Presidió por última vez en su mandato como jefe del Estado en el desfile militar de la Fiesta Nacional, marcado por un redespliegue de tropas en el exterior y también en la operación antiterrorista en el propio territorio.

El presidente salió del Palacio del Elíseo poco después de las 10:00 am y bajó en un jeep descapotable la avenida de los Campos Elíseos antes de instalarse en la tribuna de honor, donde le esperaban los miembros de su gobierno, así como varios invitados internacionales.

Además del secretario de Estado estadunidense, John Kerry, asistieron el gobernador general de Australia, Peter Cosgrove, y el primer ministro neozelandés, John Key, ya que las tropas de ambos países desfilaron  junto con las francesas en honor a su participación en la Primera Guerra Mundial, y más en concreto, en la batalla del Somme, de la que ahora se cumplen 100 años.

Fueron 140 los militares australianos los que participaron en la festividad, así como 85 neozelandeses, entre ellos un grupo de combatientes maoríes con sus atuendos tradicionales.

La parada militar, en cualquier caso, se había iniciado con el vuelo por el cielo de París de aviones y helicópteros, encabezados por ocho cazas Alphajet en forma de torre Eiffel en apoyo de la candidatura de París para los Juegos Olímpicos de 2024.

En total, participaron 3 mil hombres y mujeres del Ejército francés, 236 caballos, 36 perros, 55 aviones y 30 helicópteros.

La presencia extranjera se completó en particular con un avión estadunidense de repostaje en vuelo KC13J, y con un capitán de la Guardia Civil española.

Una de las novedades de este año fue la presencia de 47 miembros de la Administración Penitenciaria, un cuerpo de 38 mil agentes que no había participado oficialmente en el acto central de la Fiesta Nacional.

También estaban allí los aduaneros, que no habían descendido en formación los Campos Elíseos un 14 de julio desde 1919.

Varias de las misiones militares francesas en el exterior tuvieron representación en el desfile con miembros de los regimientos que están desplegados sobre Barkhan en lucha contra los grupos terroristas en el Sahel, y Chammal, particularmente contra el Estado Islámico en Irak y en Siria.

Con respecto al tema, Hollande dijo ayer que se va a reforzar el dispositivo en Irak con el envío de más consejeros militares para la formación del Ejército de ese país con la vista puesta en la reconquista de Mosul.
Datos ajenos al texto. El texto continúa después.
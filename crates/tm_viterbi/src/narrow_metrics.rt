// Add-compare-select by lanes of sixteen bits, sixteen of the code's registers at a time: as many as the processor's
// own registers hold.
ghost use Rattle.std.specs.Prelude.{◌≡◌, ◌++◌, min, ℕ, ◌+◌, ◌-◌, ◌*◌, ◌/◌, ◌%◌, ◌^◌, ◌<◌, length, slice_index, nat_lt, if◌then◌else◌};
ghost use Rattle.tm_conv.specs.Path.{c1, c2, registers};
ghost use Rattle.tm_viterbi.specs.AddCompareSelect.{IsHalf, AreSortedPlaces, IsNextSums, AreSurvivors};

use std::simd::prelude::*;

// Which branch metric, at 2 * c1 + c2, is that of the branch by bit 0 from register 2 * i (near) and from the one after
// it (far), i below 16 (first) and from 16 on (second). By bit 1 the two change places.
const NEAR_FIRST: [usize; 16] = [0, 1, 0, 1, 3, 2, 3, 2, 3, 2, 3, 2, 0, 1, 0, 1];

const FAR_FIRST: [usize; 16] = [3, 2, 3, 2, 0, 1, 0, 1, 0, 1, 0, 1, 3, 2, 3, 2];

const NEAR_SECOND: [usize; 16] = [2, 3, 2, 3, 1, 0, 1, 0, 1, 0, 1, 0, 2, 3, 2, 3];

const FAR_SECOND: [usize; 16] = [1, 0, 1, 0, 2, 3, 2, 3, 2, 3, 2, 3, 1, 0, 1, 0];

// In each eight lanes, those at even places first.
const SORTED: [u16; 32] = [
    0, 2, 4, 6, 1, 3, 5, 7, 0, 2, 4, 6, 1, 3, 5, 7, 0, 2, 4, 6, 1, 3, 5, 7, 0, 2, 4, 6, 1, 3, 5, 7,
];

// Where the lanes from even and from odd places then are.
const EVENS: [usize; 16] = [0, 1, 2, 3, 8, 9, 10, 11, 16, 17, 18, 19, 24, 25, 26, 27];

const ODDS: [usize; 16] = [4, 5, 6, 7, 12, 13, 14, 15, 20, 21, 22, 23, 28, 29, 30, 31];

// All lanes of one vector, and then all of another.
const WHOLE: [usize; 32] = [
    0, 1, 2, 3, 4, 5, 6, 7, 8, 9, 10, 11, 12, 13, 14, 15, 16, 17, 18, 19, 20, 21, 22, 23, 24, 25,
    26, 27, 28, 29, 30, 31,
];

// The branch metrics by bit 0 from registers 2 * i and from registers 2 * i + 1, i below 16.
fn first_half_metrics(metrics: Simd<u16, 4>) -> (Simd<u16, 16>, Simd<u16, 16>)
    ensures near { IsHalf result.0 (λ i. slice_index metrics (2 * c1 (2 * i) 0 + c2 (2 * i) 0)) }
    ensures far { IsHalf result.1 (λ i. slice_index metrics (2 * c1 (2 * i + 1) 0 + c2 (2 * i + 1) 0)) }
{
    (metrics.swizzle(NEAR_FIRST), metrics.swizzle(FAR_FIRST))
}

// The branch metrics by bit 0 from registers 2 * (16 + i) and from registers 2 * (16 + i) + 1, i below 16.
fn second_half_metrics(metrics: Simd<u16, 4>) -> (Simd<u16, 16>, Simd<u16, 16>)
    ensures near { IsHalf result.0 (λ i. slice_index metrics (2 * c1 (2 * (16 + i)) 0 + c2 (2 * (16 + i)) 0)) }
    ensures far { IsHalf result.1 (λ i. slice_index metrics (2 * c1 (2 * (16 + i) + 1) 0 + c2 (2 * (16 + i) + 1) 0)) }
{
    (metrics.swizzle(NEAR_SECOND), metrics.swizzle(FAR_SECOND))
}

// `SORTED`, to which a 0 is added that the compiler can't know. So it looks lanes up there, by one instruction for
// eight of them; for a shuffle that it knows it writes two and more.
pub(crate) fn sorted_places(zero: u16) -> Simd<u16, 32>
    requires { zero ≡ 0 }
    ensures { AreSortedPlaces result }
{
    Simd::<u16, 32>::from_array(SORTED).strict_add(Simd::splat(zero))
}

// The lanes at even places, and those at odd ones. `places` are `sorted_places(0)`.
fn evens_and_odds(half: Simd<u16, 32>, places: Simd<u16, 32>) -> (Simd<u16, 16>, Simd<u16, 16>)
    requires { AreSortedPlaces places }
    ensures even { IsHalf result.0 (λ i. slice_index half (2 * i)) }
    ensures odd { IsHalf result.1 (λ i. slice_index half (2 * i + 1)) }
{
    let sorted = half.swizzle_dyn_within::<8>(places);
    (sorted.swizzle(EVENS), sorted.swizzle(ODDS))
}

// Add, compare, select: the lesser of the two path metrics into each of sixteen registers, and a bit for each that is 1
// where the first is kept. Complemented they are survivors.
fn lesser(
    first: Simd<u16, 16>,
    first_metrics: Simd<u16, 16>,
    second: Simd<u16, 16>,
    second_metrics: Simd<u16, 16>,
) -> (Simd<u16, 16>, u64)
    requires first_fits { (i : ℕ) → i < 16 → slice_index first i + slice_index first_metrics i < 2 ^ 16 }
    requires second_fits { (i : ℕ) → i < 16 → slice_index second i + slice_index second_metrics i < 2 ^ 16 }
    ensures sums { IsHalf result.0 (λ i. min (slice_index first i + slice_index first_metrics i)
        (slice_index second i + slice_index second_metrics i)) }
    ensures bits { (i : ℕ) → i < 16 → (65535 - result.1) / 2 ^ i % 2
        ≡ (if nat_lt (slice_index second i + slice_index second_metrics i)
        (slice_index first i + slice_index first_metrics i) then 1 else 0) }
    ensures small { result.1 < 2 ^ 16 }
{
    let one = first.strict_add(first_metrics);
    let other = second.strict_add(second_metrics);
    let least = one.simd_min(other);
    (least, least.simd_eq(one).to_bitmask())
}

// Sixteen lanes, and sixteen more.
fn joined(first: Simd<u16, 16>, second: Simd<u16, 16>) -> Simd<u16, 32>
    requires { (length first ≡ 16) × (length second ≡ 16) }
    ensures { result ≡ first ++ second }
{
    first.shuffle(second, WHOLE)
}

// The next path metrics, those of registers below 32 and those of the others, and the survivors. The order
// of its lines counts: in another the compiler puts more vectors aside.
#[inline(always)]
pub(crate) fn narrow_metrics(
    low: Simd<u16, 32>,
    high: Simd<u16, 32>,
    metrics: Simd<u16, 4>,
    places: Simd<u16, 32>,
) -> (Simd<u16, 32>, Simd<u16, 32>, u64)
    requires fits { (s k : ℕ) → s < registers → k < 4 → slice_index (low ++ high) s + slice_index metrics k < 2 ^ 16 }
    requires places { AreSortedPlaces places }
    ensures sums { IsNextSums (low ++ high) metrics (result.0 ++ result.1) }
    ensures survivors { AreSurvivors (low ++ high) metrics result.2 }
    ensures long { (length result.0 ≡ 32) × (length result.1 ≡ 32) }
{
    let (even_first, odd_first) = evens_and_odds(low, places);
    let (even_second, odd_second) = evens_and_odds(high, places);
    let (near_first, far_first) = first_half_metrics(metrics);
    let (low_first, low_first_bits) = lesser(even_first, near_first, odd_first, far_first);
    let (high_first, high_first_bits) = lesser(even_first, far_first, odd_first, near_first);
    let (near_second, far_second) = second_half_metrics(metrics);
    let (low_second, low_second_bits) = lesser(even_second, near_second, odd_second, far_second);
    let (high_second, high_second_bits) = lesser(even_second, far_second, odd_second, near_second);
    let next_low = joined(low_first, low_second);
    let next_high = joined(high_first, high_second);
    let bits = low_first_bits
        + (low_second_bits << 16)
        + (high_first_bits << 32)
        + (high_second_bits << 48);
    (next_low, next_high, !bits)
}
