// The path metrics of the Viterbi algorithm without its survivors.
ghost use Rattle.std.specs.Prelude.{◌≡◌, ◌++◌, ℕ, ◌+◌, ◌*◌, ◌<◌, ◌≤◌, List, [], IfSome, length};
ghost use Rattle.tm_conv.specs.Path.{path, step_size, steps_size, registers};
ghost use Rattle.tm_conv.specs.Cost.{cost};
ghost use Rattle.tm_conv.specs.Columns.{IsColumn, last_certified};
ghost use Rattle.tm_viterbi.specs.Starts.{starts_from};
ghost use Rattle.tm_viterbi.specs.Summing.{SumsFor};
ghost use Rattle.tm_viterbi.specs.WindowSizes.{most_window};

use crate::block::Start;
use crate::forward_pass::step;
use crate::path_ends::first_sums;
use std::marker::Model;
use tm_conv::Rate;

/// The columns of least costs, one step after another (CCSDS 131.0-B, Convolutional Coding). It takes no memory.
#[derive(Drop)]
pub struct Sums {
    rate: Rate,
    invert: bool,
    first: u64,
    start: Option<u8>,
    steps: u32,
    column: [u32; 64],
}

impl Model for Sums {
    ghost use Rattle.std.specs.Prelude.{◌≤◌, ◌+◌, ◌*◌, ◌^◌};
    ghost use Rattle.tm_conv.specs.Columns.{last_certified, barred_cost};
    ghost use Rattle.tm_conv.specs.Cost.{most_branch_metric};
    ghost use Rattle.tm_viterbi.specs.Totals.{AreAtMost};
    ghost use Rattle.tm_viterbi.specs.Summing.{Summing};
    ghost use Rattle.tm_viterbi.specs.WindowSizes.{most_window};

    ghost Value = { Summing };

    ghost view = { λ s. record {
      rate = s.rate;
      invert = s.invert;
      first = s.first;
      start = s.start;
      steps = s.steps;
      column = s.column;
    } };

    ghost invariant = { λ s. (s.first ≤ last_certified) × (s.steps ≤ most_window)
        × AreAtMost (barred_cost + most_branch_metric * s.steps) s.column };
}

impl Sums {
    /// The sums before step `first`, at most 2^44: 0 for the register `start`, below 64, or for all 64 registers at
    /// `None`, and else 2^30.
    #[tactic(auto, unfolding(tm_conv::specs::Path::steps_size))]
    pub fn new(rate: Rate, invert: bool, first: u64, start: Option<u8>) -> Sums
        requires first { first ≤ last_certified }
        requires start { IfSome start (λ register. register < registers) }
        ensures began { (result.rate ≡ rate) × (result.invert ≡ invert) × (result.first ≡ first)
            × (result.start ≡ start) × (result.steps ≡ 0) }
        ensures stands { SumsFor result [] }
    {
        Sums {
            rate,
            invert,
            first,
            start,
            steps: 0,
            column: first_sums(start),
        }
    }

    /// Takes the soft octets of the next step, just as many as it sends symbols; at most 69,632 steps in all.
    pub fn step(&mut self, octets: &[u8])
        requires size { length octets.now ≡ step_size self.old.rate (self.old.first + self.old.steps) }
        requires few { self.old.steps < most_window }
        ensures began { (self.new.rate ≡ self.old.rate) × (self.new.invert ≡ self.old.invert)
            × (self.new.first ≡ self.old.first) × (self.new.start ≡ self.old.start) }
        ensures steps { self.new.steps ≡ self.old.steps + 1 }
        ensures stands { (given : List ℕ) → SumsFor self.old given → SumsFor self.new (given ++ octets.now) }
    {
        let most = (1 << 30) + 510 * self.steps;
        let now = self.first + u64::from(self.steps);
        let _ = step(self.rate, self.invert, now, octets, &mut self.column, most);
        self.steps += 1;
    }

    /// The column after the steps so far: for each register the least cost of a path to it, with what its first
    /// register costs.
    pub fn column(&self) -> &[u32; 64]
        ensures column { result.now ≡ self.now.column }
        ensures least { (given : List ℕ) → SumsFor self.now given
            → IsColumn (starts_from self.now.start) self.now.rate self.now.invert self.now.first given result.now }
    {
        &self.column
    }
}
Asimismo, el jefe del Estado había indicado que en octubre se pondrá fin a la misión en la República Centroafricana, después de que la iniciativa francesa, a la que siguió un despliegue de cascos azules de Naciones Unidas (ONU), hizo posible "la transición política concretada por la elección del presidente" y del Parlamento.

Está pendiente de concretar qué ocurrirá con la operación Sentinelle, en la que tras los atentados yihadistas del 13 de noviembre pasado en París, hasta 10 mil militares fueron movilizados para la vigilancia de centros religiosos (sobre todo judíos) e instalaciones estratégicas por todo el territorio francés.